WHAT YOU HAVE TO DO: Only lines containing "greatest" belong in the answer, each copied from the entries below.

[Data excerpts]
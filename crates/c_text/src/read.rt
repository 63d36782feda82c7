// Functions and units.

ghost use Rattle.std.specs.Prelude.{◌≡◌, ◌<◌, ◌≤◌, ◌^◌, ◌||◌, ℕ, List, not, bytes_eq, length, OnOk, IfOk, IfErr, option_map};
ghost use Rattle.c_unit.specs.declared.unit.CUnit.{CUnit};
ghost use Rattle.c_text.specs.Stream.{Gives};
ghost use Rattle.c_text.specs.Parser.{stream, left};
ghost use Rattle.c_text.specs.Lawful.{MeetsRules};
ghost use Rattle.c_text.specs.Names.{has_name, AreNames, AreNamesWith};
ghost use Rattle.c_text.specs.Lines.{IsLined};
ghost use Rattle.c_text.specs.Refused.{IsPlace};
ghost use Rattle.c_text.specs.Spelling.{Spells, IsTaken};
ghost use Rattle.c_text.specs.Units.{without_suffix as front_of, name_at, size_at, named_size_at, repeated_at, signature_at, clear_at, slots_at, end_at, sizes_at, function_at, functions_at, is_more as is_more_ahead, fault_at_end as fault_of_end, reading, Answers, IsRead};

use crate::fraction::LARGEST;
use crate::parser::{Parser, syntax};
use crate::place::{Scope, refused};
use crate::refusal::{KernelKind, KernelRefusal, ReadFault};
use crate::statement::Body;
use c_unit::{CFun, CUnit};
use sqlite_items::Items;
use std::alloc::{AllocError, Global};
use std::collections::BTreeSet;

/// The greatest number of bytes.
const LONGEST: usize = 0x1000_0000;

/// The greatest number of statements that a function may run.
const STATEMENTS: u64 = 0x400_0000;

/// A unit, and per function the line of its `enum` and the line of each statement in the order of the text, a loop's header counted as one.
#[derive(Drop)]
pub struct ReadUnit {
    pub unit: CUnit,
    pub enums: Items<u32>,
    pub lines: Items<Items<u32>>,
}

#[derive(Drop)]
struct ReadFun {
    fun: CFun,
    line: u32,
    lines: Items<u32>,
}

// The text without the suffix, where it ends in it.
#[tactic(auto, unfolding(crate::specs::Units::without_suffix))]
fn without_suffix<'t>(text: &'t [u8], suffix: &[u8]) -> Option<&'t [u8]>
    ensures { option_map (λ front. front.now) result ≡ front_of text.now suffix.now }
{
    if text.len() < suffix.len() {
        return None;
    }
    let (front, back) = text.split_at(text.len() - suffix.len());
    if back == suffix { Some(front) } else { None }
}

// Takes a name up among the others; the answer is whether it is new. They are kept in order, since names can be chosen
// to meet in a hash.
fn take_up<'t>(names: &mut BTreeSet<&'t [u8]>, name: &'t [u8]) -> Result<bool, AllocError>
    ensures fresh { IfOk result (λ b. not b ≡ has_name names.old name.now) }
    ensures now { OnOk result ((n : List ℕ) → has_name names.new n ≡ (bytes_eq name.now n || has_name names.old n)) }
{
    Ok(names.insert(name)?)
}

impl<'a> Parser<'a> {
    // The name of a function, from the first word between the brackets; `names` has those of the functions before it.
    #[tactic(auto, unfolding(crate::specs::Units::name_at))]
    fn name(&mut self, names: &mut BTreeSet<&'a [u8]>, funs: &[CFun]) -> Result<&'a [u8], ReadFault>
        requires { AreNames names.old funs.now }
        ensures read { Gives (λ n. n.now) result (stream self.new) (name_at funs.now (stream self.old)) }
        ensures shorter { OnOk result (left self.new < left self.old) }
        ensures names { IfOk result (λ n. AreNamesWith names.new funs.now n.now) }
    {
        let token = self.shift()?;
        let Some(name) = without_suffix(token.text, b"_X") else {
            return Err(syntax(token.line));
        };
        if name.is_empty() {
            return Err(syntax(token.line));
        }
        if !take_up(names, name)? {
            return Err(refused(KernelKind::Bound, token.line));
        }
        Ok(name)
    }

    // The size behind a word between the brackets.
    #[tactic(auto, unfolding(crate::specs::Units::size_at))]
    fn size(&mut self, least: u32) -> Result<u32, ReadFault>
        ensures read { Gives (λ x. x) result (stream self.new) (size_at least (stream self.old)) }
        ensures shorter { OnOk result (left self.new < left self.old) }
    {
        self.expect(b"=")?;
        let (size, line) = self.number()?;
        if size < least || size > LARGEST {
            return Err(refused(KernelKind::Bound, line));
        }
        Ok(size)
    }

    // A further size, with its word.
    #[tactic(auto, unfolding(crate::specs::Units::named_size_at))]
    fn named_size(&mut self, name: &[u8], suffix: &[u8], least: u32) -> Result<u32, ReadFault>
        ensures read { Gives (λ x. x) result (stream self.new) (named_size_at name.now suffix.now least (stream self.old)) }
        ensures shorter { OnOk result (left self.new < left self.old) }
    {
        self.expect(b",")?;
        let token = self.shift()?;
        match without_suffix(token.text, suffix) {
            Some(front) if front == name => self.size(least),
            _ => Err(syntax(token.line)),
        }
    }

    // A size for the second or third time.
    #[tactic(auto, unfolding(crate::specs::Units::repeated_at))]
    fn repeated(&mut self, size: u32) -> Result<(), ReadFault>
        ensures read { Gives (λ x. x) result (stream self.new) (repeated_at size (stream self.old)) }
        ensures shorter { OnOk result (left self.new < left self.old) }
    {
        let (again, line) = self.number()?;
        if again != size {
            return Err(refused(KernelKind::Bound, line));
        }
        Ok(())
    }

    #[tactic(auto, unfolding(crate::specs::Units::signature_at))]
    fn signature(&mut self, name: &[u8]) -> Result<(), ReadFault>
        ensures read { Gives (λ x. x) result (stream self.new) (signature_at name.now (stream self.old)) }
        ensures shorter { OnOk result (left self.new < left self.old) }
    {
        self.expect(b"int")?;
        self.expect(name)?;
        self.expect_all(&[
            b"(", b"const", b"fr", b"*", b"X", b",", b"const", b"fr", b"*", b"W", b",", b"fr",
            b"*", b"A", b")",
        ])
    }

    // The call that clears an array.
    #[tactic(auto, unfolding(crate::specs::Units::clear_at))]
    fn clear(&mut self, array: &[u8], size: u32) -> Result<(), ReadFault>
        ensures read { Gives (λ x. x) result (stream self.new) (clear_at array.now size (stream self.old)) }
        ensures shorter { OnOk result (left self.new < left self.old) }
    {
        self.expect_all(&[b"fr_clear", b"(", array, b","])?;
        self.repeated(size)?;
        self.expect_all(&[b")", b";"])
    }

    // The slots of T, and the two clears.
    #[tactic(auto, unfolding(crate::specs::Units::slots_at))]
    fn slots(&mut self, t: u32, a: u32) -> Result<(), ReadFault>
        ensures read { Gives (λ x. x) result (stream self.new) (slots_at t a (stream self.old)) }
        ensures shorter { OnOk result (left self.new < left self.old) }
    {
        self.expect_all(&[b"{", b"fr", b"T", b"["])?;
        self.repeated(t)?;
        self.expect_all(&[b"]", b";"])?;
        self.clear(b"T", t)?;
        self.clear(b"A", a)
    }

    // The end of a function, which runs this many statements.
    #[tactic(auto, unfolding(crate::specs::Units::end_at))]
    fn end_of_function(&mut self, count: u64) -> Result<(), ReadFault>
        ensures read { Gives (λ x. x) result (stream self.new) (end_at count (stream self.old)) }
        ensures shorter { OnOk result (left self.new < left self.old) }
    {
        self.expect_all(&[b"return", b"0", b";"])?;
        let line = self.expect(b"}")?;
        if count > STATEMENTS {
            return Err(refused(KernelKind::Bound, line));
        }
        Ok(())
    }

    // The sizes of the arrays, and the name.
    #[tactic(auto, unfolding(crate::specs::Units::sizes_at))]
    fn sizes(
        &mut self,
        names: &mut BTreeSet<&'a [u8]>,
        funs: &[CFun],
    ) -> Result<(&'a [u8], Scope), ReadFault>
        requires { AreNames names.old funs.now }
        ensures read { Gives (λ x. (x.0.now, x.1)) result (stream self.new) (sizes_at funs.now (stream self.old)) }
        ensures shorter { OnOk result (left self.new < left self.old) }
        ensures outside { IfOk result (λ x. x.1.depth ≡ 0) }
        ensures names { IfOk result (λ x. AreNamesWith names.new funs.now x.0.now) }
    {
        self.expect(b"{")?;
        let name = self.name(names, funs)?;
        let x = self.size(0)?;
        let w = self.named_size(name, b"_W", 0)?;
        let t = self.named_size(name, b"_T", 1)?;
        let a = self.named_size(name, b"_A", 0)?;
        self.expect_all(&[b"}", b";"])?;
        Ok((
            name,
            Scope {
                x,
                w,
                t,
                a,
                turns: [1; 4],
                depth: 0,
            },
        ))
    }

    #[tactic(auto, unfolding(crate::specs::Units::function_at))]
    fn function(
        &mut self,
        alloc: Global,
        names: &mut BTreeSet<&'a [u8]>,
        funs: &[CFun],
    ) -> Result<ReadFun, ReadFault>
        requires { AreNames names.old funs.now }
        ensures read { Gives (λ x. x) result (stream self.new) (function_at funs.now (stream self.old)) }
        ensures shorter { OnOk result (left self.new < left self.old) }
        ensures names { IfOk result (λ f. AreNamesWith names.new funs.now f.fun.name) }
    {
        let line = self.expect(b"enum")?;
        let (name, scope) = self.sizes(names, funs)?;
        self.signature(name)?;
        self.slots(scope.t, scope.a)?;
        let tables = self.tables(alloc)?;
        let Body {
            statements,
            lines,
            count,
        } = self.body(alloc, &scope, tables.as_slice(), 4)?;
        self.end_of_function(count)?;
        let name = Items::from_slice(alloc, name)?;
        let fun = CFun {
            name,
            x: scope.x,
            w: scope.w,
            t: scope.t,
            a: scope.a,
            tables,
            body: statements,
        };
        Ok(ReadFun { fun, line, lines })
    }

    // All functions up to the end of the text.
    #[tactic(auto, unfolding(crate::specs::Units::functions_at))]
    fn functions(&mut self, alloc: Global) -> Result<ReadUnit, ReadFault>
        ensures { Gives (λ x. x) result (stream self.new) (functions_at (stream self.old)) }
    {
        let mut names = BTreeSet::new(alloc);
        let mut funs = Items::new(alloc);
        let mut enums = Items::new(alloc);
        let mut all_lines = Items::new(alloc);
        'all: loop {
            if !self.is_more() {
                return Ok(ReadUnit {
                    unit: CUnit { funs },
                    enums,
                    lines: all_lines,
                });
            }
            let ReadFun { fun, line, lines } = self.function(alloc, &mut names, funs.as_slice())?;
            funs.push(fun)?;
            enums.push(line)?;
            all_lines.push(lines)?;
        }
    }

    #[tactic(auto, unfolding(crate::specs::Units::is_more, crate::specs::Stream::stream_behind))]
    fn is_more(&self) -> bool
        ensures { result ≡ is_more_ahead (stream self.now) }
    {
        self.ahead.is_some()
    }

    // The place behind the last token where no token starts, if there is one.
    #[tactic(auto, unfolding(crate::specs::Units::fault_at_end, crate::specs::Stream::stream_behind))]
    fn fault_at_end(&self) -> Option<KernelRefusal>
        ensures { result ≡ fault_of_end (stream self.now) }
    {
        match self.ahead {
            Some(_) => None,
            None => match self.end.kind {
                KernelKind::Lex => Some(self.end),
                _ => None,
            },
        }
    }
}

#[tactic(auto, using(crate::proofs::UnitLaws::reading_ends), unfolding(crate::specs::Units::reading))]
fn read_all(alloc: Global, text: &[u8]) -> Result<ReadUnit, ReadFault>
    ensures { IsRead result (reading text.now) }
{
    if text.len() > LONGEST {
        return Err(refused(KernelKind::TooLong, 0));
    }
    let mut parser = Parser::new(text);
    parser.expect_all(&[b"#include", b"\"fr.h\""])?;
    let unit = parser.functions(alloc)?;
    match parser.fault_at_end() {
        Some(fault) => Err(ReadFault::Refused(fault)),
        None => Ok(unit),
    }
}

/// The unit of a text, or the first place where it is refused.
///
/// A text is taken exactly where it spells a unit that meets the rules: its words and signs are those of the unit, in their order.
///
/// The line of a refusal is where the text goes wrong: for Lex no token starts there; for Slot and Bound it has a token with
/// which, after those before it, no text of a unit that meets the rules begins; and for Syntax such a token, or the end of
/// a text of tokens alone.
pub fn read_unit(alloc: Global, text: &[u8]) -> Result<ReadUnit, KernelRefusal>
    ensures exact { Answers result (reading text.now) }
    ensures spelled { IfOk result (λ r. Spells text.now r.unit) }
    ensures lawful { IfOk result (λ r. MeetsRules r.unit) }
    ensures lined { IfOk result (λ r. IsLined text.now r) }
    ensures place { IfErr result (λ e. IsPlace e.kind text.now e.line) }
    ensures taken { (u : CUnit) → MeetsRules u → Spells text.now u → length text.now ≤ 2 ^ 28 → IsTaken result u }
{
    match read_all(alloc, text) {
        Ok(unit) => Ok(unit),
        Err(ReadFault::Refused(refusal)) => Err(refusal),
        Err(ReadFault::Memory) => Err(KernelRefusal {
            kind: KernelKind::Memory,
            line: 0,
        }),
    }
}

SOLUTION FOR THIS TASK:
/// The greatest number of bytes.
/// The greatest number of statements that a function may run.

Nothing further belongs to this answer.